=== Records to use ===
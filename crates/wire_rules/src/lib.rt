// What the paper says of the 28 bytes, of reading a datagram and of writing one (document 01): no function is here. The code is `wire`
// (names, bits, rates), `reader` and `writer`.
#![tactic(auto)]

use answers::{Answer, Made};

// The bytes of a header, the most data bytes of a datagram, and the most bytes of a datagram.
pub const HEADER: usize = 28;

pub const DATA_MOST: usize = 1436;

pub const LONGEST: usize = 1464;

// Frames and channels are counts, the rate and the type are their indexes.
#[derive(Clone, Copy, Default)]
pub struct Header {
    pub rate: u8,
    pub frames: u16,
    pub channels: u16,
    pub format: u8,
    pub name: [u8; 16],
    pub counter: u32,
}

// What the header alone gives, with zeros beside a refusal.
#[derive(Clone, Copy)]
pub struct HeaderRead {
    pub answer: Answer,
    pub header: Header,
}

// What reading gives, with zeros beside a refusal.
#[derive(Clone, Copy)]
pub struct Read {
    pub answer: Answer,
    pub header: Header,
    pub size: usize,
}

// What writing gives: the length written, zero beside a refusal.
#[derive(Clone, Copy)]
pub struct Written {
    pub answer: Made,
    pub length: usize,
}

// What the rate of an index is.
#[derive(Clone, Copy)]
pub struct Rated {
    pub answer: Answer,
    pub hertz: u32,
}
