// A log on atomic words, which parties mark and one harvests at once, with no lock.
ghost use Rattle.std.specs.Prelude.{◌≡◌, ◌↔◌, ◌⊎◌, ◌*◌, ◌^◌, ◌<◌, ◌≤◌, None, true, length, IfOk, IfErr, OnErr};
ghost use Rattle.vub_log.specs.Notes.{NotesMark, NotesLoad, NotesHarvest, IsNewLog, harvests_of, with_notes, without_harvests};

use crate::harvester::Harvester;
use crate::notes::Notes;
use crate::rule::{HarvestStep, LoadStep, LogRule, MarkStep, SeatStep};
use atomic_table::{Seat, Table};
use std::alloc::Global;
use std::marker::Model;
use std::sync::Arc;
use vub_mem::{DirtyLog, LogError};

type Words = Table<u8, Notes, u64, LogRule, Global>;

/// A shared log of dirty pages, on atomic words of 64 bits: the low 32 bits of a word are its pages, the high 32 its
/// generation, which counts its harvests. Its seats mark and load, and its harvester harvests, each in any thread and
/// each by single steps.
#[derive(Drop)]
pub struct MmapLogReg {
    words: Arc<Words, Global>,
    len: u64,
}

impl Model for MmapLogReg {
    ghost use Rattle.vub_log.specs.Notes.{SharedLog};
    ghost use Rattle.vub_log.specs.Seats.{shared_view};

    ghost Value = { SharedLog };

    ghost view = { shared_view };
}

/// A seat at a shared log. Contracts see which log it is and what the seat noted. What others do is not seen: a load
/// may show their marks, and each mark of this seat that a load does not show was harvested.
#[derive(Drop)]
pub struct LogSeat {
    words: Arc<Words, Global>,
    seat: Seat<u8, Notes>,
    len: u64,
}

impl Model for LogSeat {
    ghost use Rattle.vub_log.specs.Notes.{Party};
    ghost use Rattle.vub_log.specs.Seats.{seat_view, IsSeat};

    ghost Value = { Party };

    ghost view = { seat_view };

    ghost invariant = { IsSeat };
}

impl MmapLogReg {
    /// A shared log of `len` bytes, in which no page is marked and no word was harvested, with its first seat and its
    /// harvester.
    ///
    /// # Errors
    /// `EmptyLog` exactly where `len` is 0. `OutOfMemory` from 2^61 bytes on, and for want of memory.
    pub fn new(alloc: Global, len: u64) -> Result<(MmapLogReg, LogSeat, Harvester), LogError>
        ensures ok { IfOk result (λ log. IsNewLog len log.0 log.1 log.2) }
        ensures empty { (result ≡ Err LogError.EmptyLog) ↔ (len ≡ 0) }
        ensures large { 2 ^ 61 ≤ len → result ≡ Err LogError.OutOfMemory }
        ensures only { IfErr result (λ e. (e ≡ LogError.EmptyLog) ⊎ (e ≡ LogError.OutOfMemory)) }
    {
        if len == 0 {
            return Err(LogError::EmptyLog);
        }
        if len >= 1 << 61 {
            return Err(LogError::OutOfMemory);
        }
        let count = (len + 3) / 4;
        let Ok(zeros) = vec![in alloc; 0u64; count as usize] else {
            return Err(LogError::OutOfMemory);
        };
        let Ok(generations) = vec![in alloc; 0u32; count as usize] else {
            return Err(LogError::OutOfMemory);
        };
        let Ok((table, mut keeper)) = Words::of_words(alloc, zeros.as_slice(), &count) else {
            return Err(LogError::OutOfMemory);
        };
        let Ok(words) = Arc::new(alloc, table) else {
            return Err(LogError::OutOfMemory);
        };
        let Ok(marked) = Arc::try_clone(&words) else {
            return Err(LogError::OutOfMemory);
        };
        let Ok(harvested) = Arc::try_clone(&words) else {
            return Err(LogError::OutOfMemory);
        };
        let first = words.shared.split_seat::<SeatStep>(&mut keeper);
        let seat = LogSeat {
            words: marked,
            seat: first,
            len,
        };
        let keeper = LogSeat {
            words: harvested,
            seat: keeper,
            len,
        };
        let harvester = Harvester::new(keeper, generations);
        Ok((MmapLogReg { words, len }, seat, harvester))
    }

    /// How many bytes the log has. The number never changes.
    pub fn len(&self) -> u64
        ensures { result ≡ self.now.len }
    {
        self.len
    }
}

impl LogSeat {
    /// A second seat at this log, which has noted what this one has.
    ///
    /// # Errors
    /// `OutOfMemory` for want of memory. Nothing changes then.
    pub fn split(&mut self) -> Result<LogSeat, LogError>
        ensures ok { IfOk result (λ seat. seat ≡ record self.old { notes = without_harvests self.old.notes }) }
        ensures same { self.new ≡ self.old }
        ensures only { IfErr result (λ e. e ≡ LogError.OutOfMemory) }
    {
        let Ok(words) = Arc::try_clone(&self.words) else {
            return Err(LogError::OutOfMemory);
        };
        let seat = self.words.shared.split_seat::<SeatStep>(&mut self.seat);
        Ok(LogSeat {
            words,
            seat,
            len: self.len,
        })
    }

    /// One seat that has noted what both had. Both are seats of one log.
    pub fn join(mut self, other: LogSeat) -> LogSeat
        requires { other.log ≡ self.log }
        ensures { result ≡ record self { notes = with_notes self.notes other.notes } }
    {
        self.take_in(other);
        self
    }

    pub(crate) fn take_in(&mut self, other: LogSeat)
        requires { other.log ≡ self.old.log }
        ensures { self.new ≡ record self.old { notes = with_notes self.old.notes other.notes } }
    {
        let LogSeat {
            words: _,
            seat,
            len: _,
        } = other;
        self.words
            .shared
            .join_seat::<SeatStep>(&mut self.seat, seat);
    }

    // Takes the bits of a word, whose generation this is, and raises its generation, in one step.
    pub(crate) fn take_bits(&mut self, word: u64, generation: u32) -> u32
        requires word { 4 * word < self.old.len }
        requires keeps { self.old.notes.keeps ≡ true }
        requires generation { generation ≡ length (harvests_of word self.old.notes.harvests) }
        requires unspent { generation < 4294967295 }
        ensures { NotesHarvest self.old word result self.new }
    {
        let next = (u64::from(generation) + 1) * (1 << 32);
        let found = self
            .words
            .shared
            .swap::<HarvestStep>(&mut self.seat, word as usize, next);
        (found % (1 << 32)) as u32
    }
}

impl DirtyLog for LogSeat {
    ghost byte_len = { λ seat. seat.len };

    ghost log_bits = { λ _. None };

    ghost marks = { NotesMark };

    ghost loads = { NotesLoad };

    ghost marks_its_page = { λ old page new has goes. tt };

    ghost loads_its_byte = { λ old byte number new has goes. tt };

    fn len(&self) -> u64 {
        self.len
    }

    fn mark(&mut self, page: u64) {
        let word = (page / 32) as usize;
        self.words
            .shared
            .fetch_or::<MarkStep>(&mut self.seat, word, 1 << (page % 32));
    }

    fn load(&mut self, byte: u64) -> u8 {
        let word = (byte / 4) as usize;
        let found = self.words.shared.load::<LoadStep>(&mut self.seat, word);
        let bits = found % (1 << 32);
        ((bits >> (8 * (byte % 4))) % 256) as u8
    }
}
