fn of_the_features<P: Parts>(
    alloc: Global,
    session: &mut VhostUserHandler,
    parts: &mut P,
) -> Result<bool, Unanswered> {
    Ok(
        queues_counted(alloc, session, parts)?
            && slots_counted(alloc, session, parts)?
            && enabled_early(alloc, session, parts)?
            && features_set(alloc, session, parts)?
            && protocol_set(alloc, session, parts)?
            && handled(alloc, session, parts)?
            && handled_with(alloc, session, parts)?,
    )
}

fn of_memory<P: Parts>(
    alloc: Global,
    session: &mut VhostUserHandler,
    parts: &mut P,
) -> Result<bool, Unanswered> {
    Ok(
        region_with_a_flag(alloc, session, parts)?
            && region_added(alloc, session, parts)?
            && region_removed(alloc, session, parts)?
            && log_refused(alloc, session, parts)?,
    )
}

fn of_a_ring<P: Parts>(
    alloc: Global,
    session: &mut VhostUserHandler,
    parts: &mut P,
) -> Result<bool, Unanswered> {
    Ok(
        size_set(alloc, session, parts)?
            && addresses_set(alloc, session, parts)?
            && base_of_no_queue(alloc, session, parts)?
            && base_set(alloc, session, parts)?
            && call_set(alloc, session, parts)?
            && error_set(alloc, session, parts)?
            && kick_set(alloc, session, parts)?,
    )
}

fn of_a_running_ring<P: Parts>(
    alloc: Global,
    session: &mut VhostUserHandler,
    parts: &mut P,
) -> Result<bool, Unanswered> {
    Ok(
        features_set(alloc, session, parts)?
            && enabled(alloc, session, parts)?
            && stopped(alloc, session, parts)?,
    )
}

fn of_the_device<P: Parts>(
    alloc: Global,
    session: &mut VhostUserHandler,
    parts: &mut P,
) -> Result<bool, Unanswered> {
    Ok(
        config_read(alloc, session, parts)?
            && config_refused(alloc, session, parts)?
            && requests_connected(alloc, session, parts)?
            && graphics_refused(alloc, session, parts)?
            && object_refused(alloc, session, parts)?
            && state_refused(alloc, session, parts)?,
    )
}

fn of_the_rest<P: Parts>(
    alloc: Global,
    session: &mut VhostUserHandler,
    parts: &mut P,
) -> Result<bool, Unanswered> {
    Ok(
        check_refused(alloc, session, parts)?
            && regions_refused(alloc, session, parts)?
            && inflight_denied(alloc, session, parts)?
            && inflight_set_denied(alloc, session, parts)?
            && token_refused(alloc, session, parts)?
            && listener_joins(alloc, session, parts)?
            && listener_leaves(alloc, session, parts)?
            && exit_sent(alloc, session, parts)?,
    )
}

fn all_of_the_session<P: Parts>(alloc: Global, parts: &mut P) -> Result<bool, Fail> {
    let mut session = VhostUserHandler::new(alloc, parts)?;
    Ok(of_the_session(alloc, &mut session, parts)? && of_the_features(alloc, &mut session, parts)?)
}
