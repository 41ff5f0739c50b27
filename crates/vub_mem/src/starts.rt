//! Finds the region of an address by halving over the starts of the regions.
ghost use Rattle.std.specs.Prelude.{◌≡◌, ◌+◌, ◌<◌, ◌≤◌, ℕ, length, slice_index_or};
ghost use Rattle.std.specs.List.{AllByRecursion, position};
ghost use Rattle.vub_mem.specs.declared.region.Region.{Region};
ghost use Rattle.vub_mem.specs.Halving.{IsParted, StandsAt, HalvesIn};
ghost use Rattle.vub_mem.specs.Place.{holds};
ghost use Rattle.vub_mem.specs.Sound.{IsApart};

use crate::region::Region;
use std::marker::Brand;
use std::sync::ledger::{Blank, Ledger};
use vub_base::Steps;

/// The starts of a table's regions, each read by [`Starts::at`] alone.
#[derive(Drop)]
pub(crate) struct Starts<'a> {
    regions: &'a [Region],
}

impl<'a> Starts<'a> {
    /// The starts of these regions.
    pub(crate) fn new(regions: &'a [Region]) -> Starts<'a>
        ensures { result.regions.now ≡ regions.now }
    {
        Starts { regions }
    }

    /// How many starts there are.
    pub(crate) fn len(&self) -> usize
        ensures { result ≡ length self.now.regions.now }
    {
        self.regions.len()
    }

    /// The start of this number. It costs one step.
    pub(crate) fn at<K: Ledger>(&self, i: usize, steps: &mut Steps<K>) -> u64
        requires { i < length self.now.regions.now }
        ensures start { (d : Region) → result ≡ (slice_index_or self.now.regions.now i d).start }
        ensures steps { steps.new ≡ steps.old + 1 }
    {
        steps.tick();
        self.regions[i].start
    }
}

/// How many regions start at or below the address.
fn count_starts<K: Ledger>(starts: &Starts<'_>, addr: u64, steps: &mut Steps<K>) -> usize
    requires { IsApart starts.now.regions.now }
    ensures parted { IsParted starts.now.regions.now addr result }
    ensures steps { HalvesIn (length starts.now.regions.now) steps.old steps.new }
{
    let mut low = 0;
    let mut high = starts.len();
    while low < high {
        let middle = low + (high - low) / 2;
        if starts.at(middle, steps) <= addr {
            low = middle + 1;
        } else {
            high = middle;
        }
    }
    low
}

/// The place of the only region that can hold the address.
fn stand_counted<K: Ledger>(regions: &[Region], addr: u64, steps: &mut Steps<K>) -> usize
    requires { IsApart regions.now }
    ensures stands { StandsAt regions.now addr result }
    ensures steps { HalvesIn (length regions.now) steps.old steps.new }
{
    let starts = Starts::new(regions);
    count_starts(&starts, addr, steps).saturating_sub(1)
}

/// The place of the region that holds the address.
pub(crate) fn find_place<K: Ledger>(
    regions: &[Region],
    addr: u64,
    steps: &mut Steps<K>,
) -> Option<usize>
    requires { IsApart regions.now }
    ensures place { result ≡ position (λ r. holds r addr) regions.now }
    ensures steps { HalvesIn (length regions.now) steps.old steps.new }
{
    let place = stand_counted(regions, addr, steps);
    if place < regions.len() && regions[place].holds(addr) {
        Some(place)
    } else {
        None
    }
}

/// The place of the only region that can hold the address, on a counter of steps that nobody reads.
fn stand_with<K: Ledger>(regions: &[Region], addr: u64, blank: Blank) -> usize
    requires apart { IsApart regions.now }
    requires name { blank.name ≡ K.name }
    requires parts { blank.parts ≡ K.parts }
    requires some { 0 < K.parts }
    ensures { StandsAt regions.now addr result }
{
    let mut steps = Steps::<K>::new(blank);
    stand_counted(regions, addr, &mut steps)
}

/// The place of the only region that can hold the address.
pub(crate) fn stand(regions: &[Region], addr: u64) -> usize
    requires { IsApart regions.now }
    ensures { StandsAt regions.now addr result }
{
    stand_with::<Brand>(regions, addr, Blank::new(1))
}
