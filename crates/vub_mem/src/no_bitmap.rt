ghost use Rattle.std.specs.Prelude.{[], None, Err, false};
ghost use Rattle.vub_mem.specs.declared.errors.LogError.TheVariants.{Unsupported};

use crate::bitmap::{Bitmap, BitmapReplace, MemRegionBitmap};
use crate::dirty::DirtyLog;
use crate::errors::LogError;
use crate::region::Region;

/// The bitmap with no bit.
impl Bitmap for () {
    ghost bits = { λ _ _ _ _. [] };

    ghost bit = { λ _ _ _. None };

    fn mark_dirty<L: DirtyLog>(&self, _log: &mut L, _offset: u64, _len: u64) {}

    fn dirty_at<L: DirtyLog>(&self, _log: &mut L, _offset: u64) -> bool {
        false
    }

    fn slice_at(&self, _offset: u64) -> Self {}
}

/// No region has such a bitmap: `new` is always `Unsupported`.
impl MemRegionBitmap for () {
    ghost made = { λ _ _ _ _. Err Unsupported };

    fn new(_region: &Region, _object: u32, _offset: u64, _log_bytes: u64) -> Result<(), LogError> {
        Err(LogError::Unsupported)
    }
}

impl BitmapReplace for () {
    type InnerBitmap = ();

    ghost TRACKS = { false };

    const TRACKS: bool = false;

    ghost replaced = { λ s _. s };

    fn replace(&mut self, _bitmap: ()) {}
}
===
#### [What you should do]
Scan the records above for the word "HalvesIn". Show each line in which it appears.

#### [Response to this exercise]
ghost use Rattle.vub_mem.specs.Halving.{IsParted, StandsAt, HalvesIn};
    ensures steps { HalvesIn (length starts.now.regions.now) steps.old steps.new }
    ensures steps { HalvesIn (length regions.now) steps.old steps.new }
    ensures steps { HalvesIn (length regions.now) steps.old steps.new }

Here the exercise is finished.